Navarro-González, Rafael; Navarro, Karina F.; Coll, Patrice; McKay, Christopher P.; Stern, Jennifer C.; Sutter, Brad; Douglas Archer Jr, P.; Cabane, Michel; Conrad, Pamela G.; Eigenbrode, Jennifer L.; Franz, Heather B.; Freissinet, Caroline; Glavin, Daniel P.; Hogancamp, Joanna V.; McAdam, Amy C.; Malespin, Charles A.; Martín-Torres, F. J.; Ming, Douglas W.; Morris, Richard V.; Prats, Benny; Raulin, François; Rodriguez Manfredi, Jose Antonio; Szopa, Cyril; Zorzano, María Paz; Mahaffy, P.R.; Atreya, Sushil; Trainer, Melissa G.; Vasavada, Ashwin R. 2019. Abiotic Input of Fixed Nitrogen by Bolide Impacts to Gale Crater During the Hesperian: Insights From the Mars Science Laboratory. Journal of Geophysical Research Planets 124, 1, 94-113, DOI: 10.1029/2018JE005852
Molecular hydrogen (H-2) from volcanic emissions is suggested to warm the Martian surface when carbon dioxide (CO2) levels dropped from the Noachian (4100 to 3700 Myr) to the Hesperian (3700 to 3000 Myr). Its presence is expected to shift the conversion of molecular nitrogen (N-2) into different forms of fixed nitrogen (N). Here we present experimental data and theoretical calculations that investigate the efficiency of nitrogen fixation by bolide impacts in CO2-N-2 atmospheres with or without H-2. Surprisingly, nitric oxide (NO) was produced more efficiently in 20% H-2 in spite of being a reducing agent and not likely to increase the rate of nitrogen oxidation. Nevertheless, its presence led to a faster cooling of the shock wave raising the freeze-out temperature of NO resulting in an enhanced yield. We estimate that the nitrogen fixation rate by bolide impacts varied from 7×10(-4) to 2×10(-3)gNMyr(-1)cm(-2) and could imply fluvial concentration to explain the nitrogen (1.40.7gNMyr(-1)cm(-2)) detected as nitrite (NO2-) and nitrate (NO3-) by Curiosity at Yellowknife Bay. One possible explanation is that the nitrogen detected in the lacustrine sediments at Gale was deposited entirely on the crater’s surface and was subsequently dissolved and transported by superficial and ground waters to the lake during favorable wet climatic conditions. The nitrogen content sharply decreases in younger sediments of the Murray formation suggesting a decline of H-2 in the atmosphere and the rise of oxidizing conditions causing a shortage in the supply to putative microbial life.

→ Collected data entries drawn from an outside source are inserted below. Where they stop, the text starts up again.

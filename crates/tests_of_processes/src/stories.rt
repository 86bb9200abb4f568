// The stories (test cases) of one process, each over plain frames and over shared frames: rows of an operation and its reply.
// What is stored to a page of data is kept while a page of the heap is brought into memory, or is refused for want of a frame;
// unmapping gives a frame back; write-back writes the stored pages of shared mappings to their place in the file, and keeps them
// in memory; munmap, write-back and the service of a fault change nothing if the files refuse a promise (a reservation of page
// I/O), and succeed when they are repeated.
//
// Under Sv39 frame 0, the trapframe, the page of data and five page tables are taken, 8 frames; under Sv48 two more.

use crate::operation::Operation::{Grow, Look, Map, Serve, Touch, Unmap, WriteBack};
use crate::operation::Row;
use crate::stores::{Story, play};
use process_model::Refusal::Memory;
use process_model::ScalarReply::{
    Done, Ended, Fault, MappedAt, OldSize, Ready, Refused, Stored, Value,
};
use std::test::Fail;
use sv39_entry::Rule::NoFrame;
use sv39_entry::{Access, Scheme};

const SV39: Scheme = Scheme::Sv39;

const SV48: Scheme = Scheme::Sv48;

const LOAD: Access = Access::Load;

const STORE: Access = Access::Store;

/// What is stored to the page of data, before the far page is to be settled (`NEAR`) and after (`AGAIN`), and to the far page
/// (`FAR`).
const NEAR: u64 = 0x0123_4567_89ab_cdef;

const AGAIN: u64 = 0x1122_3344_5566_7788;

const FAR: u64 = 0xfedc_ba98_7654_3210;

const NEAR_STORED: Row = (Touch(STORE, 0x0, 8, NEAR), Stored);

const NEAR_LOADED: Row = (Touch(LOAD, 0x0, 8, 0), Value(NEAR));

const AGAIN_STORED: Row = (Touch(STORE, 0x0, 8, AGAIN), Stored);

const AGAIN_LOADED: Row = (Touch(LOAD, 0x0, 8, 0), Value(AGAIN));

/// The address of page 5, whose page tables serve the page of data too; of page 2^26, which lacks two page tables; and of page
/// 2^27, past the last page of Sv39, which lacks three.
const BESIDE: u64 = 0x5000;

const MIDDLE: u64 = 1 << 38;

const HIGH: u64 = 1 << 39;

/// A far page is refused. It lacks a leaf then, so a load faults (RISC-V Privileged Architecture 20211203, 4.1.8).
const BESIDE_REFUSED: &[Row] = &[
    NEAR_STORED,
    NEAR_LOADED,
    (Grow(0x5000), OldSize(0x1000)),
    (Serve(STORE, BESIDE), Ended(NoFrame)),
    NEAR_LOADED,
    AGAIN_STORED,
    AGAIN_LOADED,
    (Touch(LOAD, BESIDE, 8, 0), Fault(13)),
];

/// A far page is settled, loaded from and stored to; and the heap shrinks, which releases it.
const BESIDE_SETTLED: &[Row] = &[
    NEAR_STORED,
    NEAR_LOADED,
    (Grow(0x5000), OldSize(0x1000)),
    (Serve(STORE, BESIDE), Ready),
    NEAR_LOADED,
    AGAIN_STORED,
    AGAIN_LOADED,
    (Touch(LOAD, BESIDE, 8, 0), Value(0)),
    (Touch(STORE, BESIDE, 8, FAR), Stored),
    (Touch(LOAD, BESIDE, 8, 0), Value(FAR)),
    (Grow(-0x1000), OldSize(0x6000)),
    (Touch(LOAD, BESIDE, 8, 0), Fault(13)),
    AGAIN_LOADED,
];

const MIDDLE_REFUSED: &[Row] = &[
    NEAR_STORED,
    NEAR_LOADED,
    (Grow(1 << 38), OldSize(0x1000)),
    (Serve(STORE, MIDDLE), Ended(NoFrame)),
    NEAR_LOADED,
    AGAIN_STORED,
    AGAIN_LOADED,
    (Touch(LOAD, MIDDLE, 8, 0), Fault(13)),
];

const MIDDLE_SETTLED: &[Row] = &[
    NEAR_STORED,
    NEAR_LOADED,
    (Grow(1 << 38), OldSize(0x1000)),
    (Serve(STORE, MIDDLE), Ready),
    NEAR_LOADED,
    AGAIN_STORED,
    AGAIN_LOADED,
    (Touch(LOAD, MIDDLE, 8, 0), Value(0)),
    (Touch(STORE, MIDDLE, 8, FAR), Stored),
    (Touch(LOAD, MIDDLE, 8, 0), Value(FAR)),
    (Grow(-0x1000), OldSize((1 << 38) + 0x1000)),
    (Touch(LOAD, MIDDLE, 8, 0), Fault(13)),
    AGAIN_LOADED,
];

const HIGH_REFUSED: &[Row] = &[
    NEAR_STORED,
    NEAR_LOADED,
    (Grow(1 << 39), OldSize(0x1000)),
    (Serve(STORE, HIGH), Ended(NoFrame)),
    NEAR_LOADED,
    AGAIN_STORED,
    AGAIN_LOADED,
    (Touch(LOAD, HIGH, 8, 0), Fault(13)),
];

const HIGH_SETTLED: &[Row] = &[
    NEAR_STORED,
    NEAR_LOADED,
    (Grow(1 << 39), OldSize(0x1000)),
    (Serve(STORE, HIGH), Ready),
    NEAR_LOADED,
    AGAIN_STORED,
    AGAIN_LOADED,
    (Touch(LOAD, HIGH, 8, 0), Value(0)),
    (Touch(STORE, HIGH, 8, FAR), Stored),
    (Touch(LOAD, HIGH, 8, 0), Value(FAR)),
    (Grow(-0x1000), OldSize((1 << 39) + 0x1000)),
    (Touch(LOAD, HIGH, 8, 0), Fault(13)),
    AGAIN_LOADED,
];

/// One frame is free. The page tables of the process serve the mapping too.
const FRAME_GIVEN_BACK: &[Row] = &[
    (Map(8_192, 1, 2, 0), MappedAt(0x3fffffc000)),
    (Serve(LOAD, 0x3fffffc000), Ready),
    (Serve(LOAD, 0x3fffffd000), Ended(NoFrame)),
    (Unmap(0x3fffffc000, 4_096), Done),
    (Serve(LOAD, 0x3fffffd000), Ready),
];

/// File 0 has 5,000 bytes, 904 (0x388) of them in the second page.
const TO_THE_END: &[Row] = &[
    (Map(6_000, 3, 1, 0), MappedAt(0x3fffffc000)),
    (Serve(STORE, 0x3fffffc000), Ready),
    (Serve(STORE, 0x3fffffd000), Ready),
    (
        Touch(LOAD, 0x3fffffcff8, 8, 0),
        Value(0x0f0f_0f0f_0f0f_0f0f),
    ),
    (
        Touch(LOAD, 0x3fffffd000, 8, 0),
        Value(0x1010_1010_1010_1010),
    ),
    (
        Touch(LOAD, 0x3fffffd380, 8, 0),
        Value(0x1313_1313_1313_1313),
    ),
    (Touch(LOAD, 0x3fffffd388, 8, 0), Value(0)),
    (Touch(STORE, 0x3fffffd384, 4, 0xa1a2_a3a4), Stored),
    (Touch(STORE, 0x3fffffd388, 4, 0xb1b2_b3b4), Stored),
    (
        Touch(LOAD, 0x3fffffd380, 8, 0),
        Value(0xa1a2_a3a4_1313_1313),
    ),
    (Touch(LOAD, 0x3fffffd388, 8, 0), Value(0xb1b2_b3b4)),
    (Look(0, 4_992), Value(0x1313_1313_1313_1313)),
    (Unmap(0x3fffffc000, 6_000), Done),
    (Look(0, 4_992), Value(0xa1a2_a3a4_1313_1313)),
    (Look(0, 5_000), Value(0)),
    (Touch(LOAD, 0x3fffffd380, 8, 0), Fault(13)),
];

/// Of three pages the first is unmapped, then the last; the middle one has the bytes of file 2 from offset 4,096 on.
const PLACES: &[Row] = &[
    (Map(12_288, 3, 1, 2), MappedAt(0x3fffffb000)),
    (Unmap(0x3fffffb000, 4_096), Done),
    (Unmap(0x3fffffd000, 4_096), Done),
    (Serve(STORE, 0x3fffffc000), Ready),
    (
        Touch(LOAD, 0x3fffffc000, 8, 0),
        Value(0x9090_9090_9090_9090),
    ),
    (Touch(STORE, 0x3fffffc000, 2, 0xc1c2), Stored),
    (Unmap(0x3fffffc000, 4_096), Done),
];

const ONLY_LOADED: &[Row] = &[
    (Map(4_096, 3, 1, 0), MappedAt(0x3fffffd000)),
    (Map(4_096, 3, 1, 0), MappedAt(0x3fffffc000)),
    (Map(4_096, 3, 2, 0), MappedAt(0x3fffffb000)),
    (Serve(LOAD, 0x3fffffd000), Ready),
    (Serve(STORE, 0x3fffffc000), Ready),
    (Serve(STORE, 0x3fffffb000), Ready),
    // a store page fault: this page of a writable shared mapping was loaded from, and lacks the dirty mark
    (Touch(STORE, 0x3fffffd000, 8, 1), Fault(15)),
    (Touch(STORE, 0x3fffffc100, 2, 0x0202), Stored),
    (Touch(STORE, 0x3fffffb200, 2, 0x0303), Stored),
    (Unmap(0x3fffffc000, 4_096), Done),
    (Look(0, 0x100), Value(0x0101_0101_0101_0202)),
    // the page that was only loaded from has the bytes that the file had; the private page has its own
    (
        Touch(LOAD, 0x3fffffd100, 8, 0),
        Value(0x0101_0101_0101_0101),
    ),
    (
        Touch(LOAD, 0x3fffffb200, 8, 0),
        Value(0x0202_0202_0202_0303),
    ),
    (WriteBack, Done),
    (Unmap(0x3fffffd000, 4_096), Done),
    (Unmap(0x3fffffb000, 4_096), Done),
];

/// File 2 has 10,003 bytes, 1,811 (0x713) of them in the third page.
const ALL_MAPPINGS: &[Row] = &[
    (Map(5_000, 3, 1, 0), MappedAt(0x3fffffc000)),
    (Map(10_003, 3, 1, 2), MappedAt(0x3fffff9000)),
    (Serve(STORE, 0x3fffffd000), Ready),
    (Serve(STORE, 0x3fffff9000), Ready),
    (Serve(STORE, 0x3fffffb000), Ready),
    (Touch(STORE, 0x3fffffd000, 1, 0xd1), Stored),
    (Touch(STORE, 0x3fffff9fff, 1, 0xe1), Stored),
    (Touch(LOAD, 0x3fffffb710, 8, 0), Value(0xa7a7a7)),
    (Touch(STORE, 0x3fffffb710, 8, 0xf1f2_f3f4_f5f6_f7f8), Stored),
    (WriteBack, Done),
    (Look(0, 4_096), Value(0x1010_1010_1010_10d1)),
    (Look(2, 10_000), Value(0xf6f7f8)),
    // the pages stay settled, with their dirty marks
    (
        Touch(LOAD, 0x3fffffb710, 8, 0),
        Value(0xf1f2_f3f4_f5f6_f7f8),
    ),
    (Touch(STORE, 0x3fffffd001, 1, 0xd2), Stored),
    (Look(0, 4_096), Value(0x1010_1010_1010_10d1)),
    (Unmap(0x3fffffd000, 4_096), Done),
    (Look(0, 4_096), Value(0x1010_1010_1010_d2d1)),
    (Unmap(0x3fffff9000, 10_003), Done),
    (Unmap(0x3fffffc000, 1), Done),
];

/// Maps two pages of file 2 shared, and stores a byte to each, which takes two promises. The stories below begin so.
const MAPPED: Row = (Map(8_192, 3, 1, 2), MappedAt(0x3fffffc000));

const FIRST_READY: Row = (Serve(STORE, 0x3fffffc000), Ready);

const SECOND_READY: Row = (Serve(STORE, 0x3fffffd000), Ready);

const FIRST_STORED: Row = (Touch(STORE, 0x3fffffc000, 1, 0xc1), Stored);

const SECOND_STORED: Row = (Touch(STORE, 0x3fffffd000, 1, 0xd1), Stored);

const SECOND_LOADED: Row = (Touch(LOAD, 0x3fffffd000, 1, 0), Value(0xd1));

/// The munmap of the whole mapping is refused.
const UNMAPS_ALL: &[Row] = &[
    MAPPED,
    FIRST_READY,
    SECOND_READY,
    FIRST_STORED,
    SECOND_STORED,
    (Unmap(0x3fffffc000, 8_192), Refused(Memory)),
    (Look(2, 0), Value(0x8080_8080_8080_8080)),
    (Look(2, 4_096), Value(0x9090_9090_9090_9090)),
    (Touch(LOAD, 0x3fffffc000, 1, 0), Value(0xc1)),
    SECOND_LOADED,
    (Unmap(0x3fffffc000, 8_192), Done),
    (Touch(LOAD, 0x3fffffc000, 1, 0), Fault(13)),
    (Touch(LOAD, 0x3fffffd000, 1, 0), Fault(13)),
];

/// With one promise more, that of its second page alone is.
const UNMAPS_SECOND: &[Row] = &[
    MAPPED,
    FIRST_READY,
    SECOND_READY,
    FIRST_STORED,
    SECOND_STORED,
    (Unmap(0x3fffffc000, 4_096), Done),
    (Unmap(0x3fffffd000, 4_096), Refused(Memory)),
    (Look(2, 4_096), Value(0x9090_9090_9090_9090)),
    SECOND_LOADED,
    (Unmap(0x3fffffd000, 4_096), Done),
    (Look(2, 4_096), Value(0x9090_9090_9090_90d1)),
    (Touch(LOAD, 0x3fffffd000, 1, 0), Fault(13)),
];

const WRITES: &[Row] = &[
    MAPPED,
    FIRST_READY,
    SECOND_READY,
    FIRST_STORED,
    SECOND_STORED,
    (WriteBack, Refused(Memory)),
    (Look(2, 0), Value(0x8080_8080_8080_8080)),
    SECOND_LOADED,
    (Touch(STORE, 0x3fffffc001, 1, 0xc2), Stored),
    (WriteBack, Done),
];

/// No frame is taken without a promise.
const UNSERVED: &[Row] = &[
    (Map(4_096, 3, 1, 2), MappedAt(0x3fffffd000)),
    (Serve(STORE, 0x3fffffd000), Refused(Memory)),
    (Touch(LOAD, 0x3fffffd000, 8, 0), Fault(13)),
    (Serve(STORE, 0x3fffffd000), Ready),
];

/// Beside a process that cannot be built frame 0 is taken.
static STORIES: [Story; 19] = [
    Story {
        scheme: SV39,
        frames: 7,
        promises: None,
        rows: &[],
        changes: &[],
        end: (None, 6),
    },
    Story {
        scheme: SV39,
        frames: 8,
        promises: None,
        rows: BESIDE_REFUSED,
        changes: &[],
        end: (Some(None), 8),
    },
    Story {
        scheme: SV39,
        frames: 9,
        promises: None,
        rows: BESIDE_SETTLED,
        changes: &[],
        end: (Some(None), 9),
    },
    Story {
        scheme: SV48,
        frames: 9,
        promises: None,
        rows: &[],
        changes: &[],
        end: (None, 8),
    },
    Story {
        scheme: SV48,
        frames: 10,
        promises: None,
        rows: BESIDE_REFUSED,
        changes: &[],
        end: (Some(None), 10),
    },
    Story {
        scheme: SV48,
        frames: 11,
        promises: None,
        rows: BESIDE_SETTLED,
        changes: &[],
        end: (Some(None), 11),
    },
    Story {
        scheme: SV48,
        frames: 12,
        promises: None,
        rows: MIDDLE_REFUSED,
        changes: &[],
        end: (Some(None), 12),
    },
    Story {
        scheme: SV48,
        frames: 13,
        promises: None,
        rows: MIDDLE_SETTLED,
        changes: &[],
        end: (Some(None), 13),
    },
    Story {
        scheme: SV48,
        frames: 13,
        promises: None,
        rows: HIGH_REFUSED,
        changes: &[],
        end: (Some(None), 13),
    },
    Story {
        scheme: SV48,
        frames: 14,
        promises: None,
        rows: HIGH_SETTLED,
        changes: &[],
        end: (Some(None), 14),
    },
    Story {
        scheme: SV39,
        frames: 9,
        promises: None,
        rows: FRAME_GIVEN_BACK,
        changes: &[],
        end: (Some(None), 9),
    },
    Story {
        scheme: SV39,
        frames: 12,
        promises: None,
        rows: TO_THE_END,
        changes: &[
            (0, 4_996, 0xa4),
            (0, 4_997, 0xa3),
            (0, 4_998, 0xa2),
            (0, 4_999, 0xa1),
        ],
        end: (Some(None), 12),
    },
    Story {
        scheme: SV39,
        frames: 12,
        promises: None,
        rows: PLACES,
        changes: &[(2, 4_096, 0xc2), (2, 4_097, 0xc1)],
        end: (Some(None), 12),
    },
    Story {
        scheme: SV39,
        frames: 12,
        promises: None,
        rows: ONLY_LOADED,
        changes: &[(0, 0x100, 2), (0, 0x101, 2)],
        end: (Some(None), 12),
    },
    Story {
        scheme: SV39,
        frames: 12,
        promises: None,
        rows: ALL_MAPPINGS,
        changes: &[
            (0, 4_096, 0xd1),
            (0, 4_097, 0xd2),
            (2, 4_095, 0xe1),
            (2, 10_000, 0xf8),
            (2, 10_001, 0xf7),
            (2, 10_002, 0xf6),
        ],
        end: (Some(None), 12),
    },
    Story {
        scheme: SV39,
        frames: 12,
        promises: Some(2),
        rows: UNMAPS_ALL,
        changes: &[(2, 0, 0xc1), (2, 4_096, 0xd1)],
        end: (Some(None), 12),
    },
    Story {
        scheme: SV39,
        frames: 12,
        promises: Some(3),
        rows: UNMAPS_SECOND,
        changes: &[(2, 0, 0xc1), (2, 4_096, 0xd1)],
        end: (Some(None), 12),
    },
    Story {
        scheme: SV39,
        frames: 12,
        promises: Some(2),
        rows: WRITES,
        changes: &[(2, 0, 0xc1), (2, 1, 0xc2), (2, 4_096, 0xd1)],
        end: (Some(None), 12),
    },
    Story {
        scheme: SV39,
        frames: 9,
        promises: Some(0),
        rows: UNSERVED,
        changes: &[],
        end: (Some(None), 9),
    },
];

#[test]
fn plays_all(rt: HostRuntime) -> Result<(), Fail> {
    for number in 0..STORIES.len() {
        play(&rt, rt.alloc(), number, &STORIES[number])?;
    }
    Ok(())
}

Plain Language Summary Climate models are able to warm early Mars when CO2 sources were strong but fail at later times when liquid water still flowed on the surface. A possible solution for the climate puzzle is the presence of abundant H-2 arising from volcanic emissions that could have kept the planet from freezing. H-2 could have also played a key role in the chemistry of the atmosphere. Curiosity discovered the presence of nitrites and nitrates, forms of fixed nitrogen that are required for the origin and sustainability of life in sediments in Gale crater. Here we present theoretical and experimental data that quantify the conversion of molecular nitrogen into fixed nitrogen in the presence and absence of H-2 by the entry shocks of asteroids in the Martian atmosphere and surface. Fixed nitrogen was originally deposited on the surface of Gale crater and then transported to the lake during favorable wet climatic conditions. We found that H-2 is required to yield sufficient fixed nitrogen to explain its detection. The levels of fixed nitrogen sharply dropped in younger sediments suggesting a decline of H-2 in the atmosphere and the rise of oxidizing conditions causing a nitrogen crisis to putative microbial communities.